I dont think anyone could not enjoy Clapton.
Love Alvin Lee, Robin Trower, Jeff Beck, Winter Bros., Stevie Ray Vaughn!
I use a strat-style Epiphone with a couple of PAF’s, and just was gifted an 84 Flying V.
Thanks for all the great info!

Oh yeah!
The OP = sow’s ear.
Replies = silk purse.
:slight_smile:

Recently paid off my daughter’s Strat. Would’ve happened long ago had it been a lesser guitar, but Wife said, “If you ever buy an electric guitar, don’t go cheap like you do with everything else.” I could’ve bought a Squire fake Strat, but I’d still be making the modifications necessary to make it playable.

“No, dear, you can’t play it yet. Get me my files and get back to me in a month.”

A decent axe is a bargain. So are decent files, and I don’t work anymore where I can collect the files the tool and die guys have thrown out.

thread seems to morphed into guitartists with one guitar. the blues guys have been left out. IIRC muddy played one Fender telecaster (or was it a broadcaster?).

BB King of course with lucille. not sure if there were multiple incarnations but he played 250 shows per year for decades.

pretty sure the hook only had one guitar but cannot remember what it was.

herbert sumlin, guitarist for the Howlin’ Wolf tells the tale that when they finished the London Howlin’ Wolf Sessions recording, Clapton took herbert home in a limo. took him to the guitar collection room and said “pick one you like.”

Now I’m back on line. Turns out that fender now has a Muddy Waters signature guitar - much in the same vein as Blackie. If I could play anything beyond the Mannish Boy rhythm, I’d buy this sucker. Only a thousand bucks.

Can’t find a site link but Epiphone Guitar (a division of Gibson) celebrates John Lee 's 50th Anniversary by creating a 50th Anniversary Edition guitar in his name. John Lee played a semi hollow body.

BB King has had countless Lucille’s - if BB played it, it was named Lucille. He plays a variety of ES 355’s - ES 335’s that have more tone-switching features and more gold and fancy stuff. Sometimes he plays ones that have no f-holes even though they are semi-hollow, in an attempt to reduce feedback.

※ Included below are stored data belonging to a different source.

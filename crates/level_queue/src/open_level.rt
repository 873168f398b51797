//! A level of the basis with its members as open questions.

ghost use Rattle.std.specs.Prelude.{IfOk};
ghost use Rattle.next_level.specs.Openings.{CanOpen, IsOpened};

use crate::questions::OpenQuestions;
use derivation::Rows;
use fca_model::Memory;
use implication_closure::ImplicationList;
use next_level::{Ahead, LevelSearch};
use std::alloc::Global;

/// A level whose questions are open. It keeps them in a form that changes in place, where a `Level` of `next_level` has a plain list.
#[derive(Drop)]
pub(crate) struct OpenLevel {
    /// The open questions.
    pub(crate) questions: OpenQuestions,
    /// The size of their premises.
    pub(crate) size: u32,
    /// Candidates for later levels.
    pub(crate) ahead: Ahead,
}

/// Opens the next level that has a member. The rules are the known implications and, behind them, the members of the basis below a size.
pub(crate) fn open_level<S: LevelSearch>(
    search: &S,
    alloc: Global,
    rows: &Rows,
    rules: &ImplicationList,
    ahead: &Ahead,
) -> Result<OpenLevel, Memory>
    requires { CanOpen rows.now rules.now ahead.now }
    ensures { IfOk result (λ level. IsOpened rows.now rules.now level.size level.questions level.ahead) }
{
    let next = search.find_next(alloc, rows, rules, ahead)?;
    let level = next.level;
    Ok(OpenLevel {
        questions: OpenQuestions::new(alloc, level.members)?,
        size: level.size,
        ahead: next.ahead,
    })
}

John Lee Hooker played similar guitars.

Hubert Sumlin played (plays - I think he’s still playing) LP Goldtops with P-90 pickups (Soapbars, the kind Gibson used before introducing the humbucker in '57 - they’re the kind I use…) just like Freddie King did at first (Freddie switched to ES 347’s and 355’s in the mid-60’s)…

You mention that the thread has morphed from Blackie to guitarists in general. To me, it is about whether a guitarist is known for their relationship with a single guitar or make/model. Clapton is known for Blackie now, but in the 60’s he was known for playing Les Paul sunbursts, and that fact is pivotal, so I was just discussing that…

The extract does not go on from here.